In the lower court, the borrower unsuccessfully argued provisions of the rarely-used Unconscionable Transactions Relief Act (UTRA):[6] According to the loan documents, as of June 5, 2023, Mr. Steinberg owed BridgePoint $312,936.18 (after credit for the $70,000 paid in May 2022), with interest continuing to accrue. Mr. Steinberg’s position before the motion judge was that BridgePoint’s interest should be capped at 1.5 times the principal borrowed and that any additional interest charges were unconscionable. He relied on the Unconscionable Transactions Relief Act, R.S.O. 1990, c. U.2 (“UTRA”). Section 2 of UTRA allows a court to set aside loan agreements, in whole or in part, if the cost of the loan is excessive and the transaction is harsh and unconscionable.
[7] The motion judge rejected the contention that the interest on the loans was unconscionable. She said:I find that the litigation loans are contractually sound. Mr. Steinberg cannot now claim that the interest rate is unconscionable in light of the legal advice he received when obtaining the loans and based upon his signed acknowledgment on two different occasions where he acknowledged the quantum of interest that would accrue with time. ....

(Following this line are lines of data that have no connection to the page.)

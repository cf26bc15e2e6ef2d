ghost use Rattle.std.specs.Prelude.{◌≡◌};
ghost use Rattle.bmc_base.specs.Calls.{no_calls};

use crate::retry::read_uninterrupted;
use crate::{IoFault, Source};
use bmc_base::Calls;
use std::io::Read;
use std::marker::Model;

/// A source over any reader, as standard input. It counts its faults, and tells what is left as far
/// as the reader does. A read that a signal interrupts is made again, and is no fault.
#[derive(Drop)]
pub struct StdSource<R: Read> {
    reader: R,
    calls: Calls,
}

impl<R: Read> Model for StdSource<R> {
    ghost use Rattle.bmc_io.specs.Sources.{Input};

    ghost Value = { Input };

    ghost view = { λ s. record { left = R.remaining s.reader; calls = s.calls } };
}

impl<R: Read> StdSource<R> {
    /// Returns a source over this reader, with no call made yet.
    pub fn new(reader: R) -> StdSource<R>
        ensures { result ≡ record { left = R.remaining reader; calls = no_calls } }
    {
        StdSource {
            reader,
            calls: Calls::new(),
        }
    }

    /// Returns how many calls failed.
    pub fn faults(&self) -> u64
        ensures { result ≡ self.now.calls.faults }
    {
        self.calls.faults()
    }
}

impl<R: Read> Source for StdSource<R> {
    ghost seen = { λ s. s };

    fn read(&mut self, buf: &mut [u8]) -> Result<usize, IoFault> {
        match read_uninterrupted(&mut self.reader, buf) {
            Ok(count) => {
                self.calls.add_success();
                Ok(count)
            }
            Err(_) => {
                self.calls.add_failure();
                Err(IoFault)
            }
        }
    }
}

[10] On appeal, BridgePoint challenges the reduction of interest. We agree that the reduction cannot stand.
[11] Once the motion judge found that the loan transactions were not unconscionable, there was no basis to vary the interest owing. UTRA, which was the only basis upon which Mr. Steinberg relied on the motion, does not give the court the power to vary interest charges without a finding that the transaction is “harsh and unconscionable”.
[12] Mr. Steinberg argued, on appeal, that the reduction could be justified based on the equitable doctrine of unconscionability described in Uber Technologies Inc. v. Heller, 2020 SCC 16, [2020] S.C.R. 118. Leaving aside the issue of how that doctrine applies to loan agreements, which are the subject of a specific statutory regime in UTRA, there are two problems with this argument. First, that was not the basis on which Mr. Steinberg brought his motion. Second, the doctrine requires a finding of unconscionability, which the motion judge did not make. Her finding that the transactions were not unconscionable, because Mr. Steinberg had independent legal representation and signed acknowledgments confirming his understanding of how interest would accrue, was supported by the record and is entitled to deference in this court.[4]
[13] ... Courts are not generally empowered to rewrite contracts or relieve parties against the consequences of an improvident bargain: Pacific National Investments Ltd. v. Victoria (City), 2004 SCC 75, [2004] 3 S.C.R. 575, at para. 31.